Received: 14 June 2018, Accepted: 30 July 2018, Published Online: 05 August 2018

1. Introduction

This paper is an extension of work originally presented in the 2017 IEEE International Conference on Robotics and Biomimetics (ROBIO 2107) [1], which introduced the performance evaluation of a humanoid mobile robot, namely VieBot, using MS Kinect. This paper focuses on a modular design process for developing VieBot.

VieBot is a humanoid mobile robot shaped like a woman (see Figure 1) with some basic components including a head, neck, torso and two arms. It has a vision ability to observe the working environment and to avoid collision via sensor devices working as human senses such as listening, seeing and touching. Its vision ability is based on a Kinect.

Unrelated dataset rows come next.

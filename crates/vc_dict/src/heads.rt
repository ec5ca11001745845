ghost use Rattle.std.specs.Prelude.{◌≡◌, ℕ, List};
ghost use Rattle.vc_base.specs.Prelude.{Blocks};
ghost use Rattle.vc_dtdisc.specs.Rules.{Rules};
ghost use Rattle.vc_dict.specs.Stands.{Stands};

use crate::dict::Dict;
use crate::form::Form;
use vc_base::{Addr, DictMethod};

/// The numbers that lead to the holders of a dictionary. Those that its method has no use for are `Addr::NONE` and 0.
/// This project's own.
#[derive(Clone, Copy, Debug, PartialEq, Eq)]
pub struct Heads {
    /// The first holder, but in an ordered set or bag.
    pub first: Addr,
    /// The last holder, but in an ordered set or bag.
    pub last: Addr,
    /// The table of a set or bag.
    pub table: Addr,
    /// The holder at the root of the tree of an ordered set or bag.
    pub root: Addr,
    /// How many slots the table has.
    pub slots: u32,
}

impl Dict {
    ghost use Rattle.vc_dict.specs.Parts.{HasNoOtherHeads, dict_by, heads_in};

    /// The numbers that lead to its holders. This project's own.
    pub fn heads(&self) -> Heads
        ensures heads { result ≡ heads_in self.now }
        ensures others { (rules : Rules) (blocks : Blocks) (holders : List ℕ)
            → Stands rules self.now blocks holders → HasNoOtherHeads self.now.method result }
        ensures same { (rules : Rules) (blocks : Blocks) (holders : List ℕ)
            → Stands rules self.now blocks holders
            → dict_by self.now.method self.now.kind self.now.count self.now.current result
            ≡ self.now }
    {
        self.heads.heads()
    }

    /// A dictionary of these numbers. Those of `heads` that its method has no use for aren't read. It stands for holders
    /// where these numbers and the holders' words say so, which isn't looked at. This project's own.
    pub fn from_parts(
        method: DictMethod,
        kind: u32,
        count: u64,
        current: Addr,
        heads: Heads,
    ) -> Dict
        ensures { result ≡ dict_by method kind count current heads }
    {
        Dict {
            method,
            kind,
            count,
            current,
            heads: Form::of(method, count, heads),
        }
    }
}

Kinect camera is a sensor device using depth and RGB camera images to support robots an outstanding capability to identify human gestures and motions. According to [2], the second generation of the Microsoft Kinect for Windows V2 is based on the Time-of-Flight (ToF) principle and offers a higher resolution and a wider field of view. Based on the properties of high-definition, low-cost image reproduction, this device is often chosen for observing and imitating human behavior and gestures. This device supports many robots in imitating human behaviors in real time or in the recorded data.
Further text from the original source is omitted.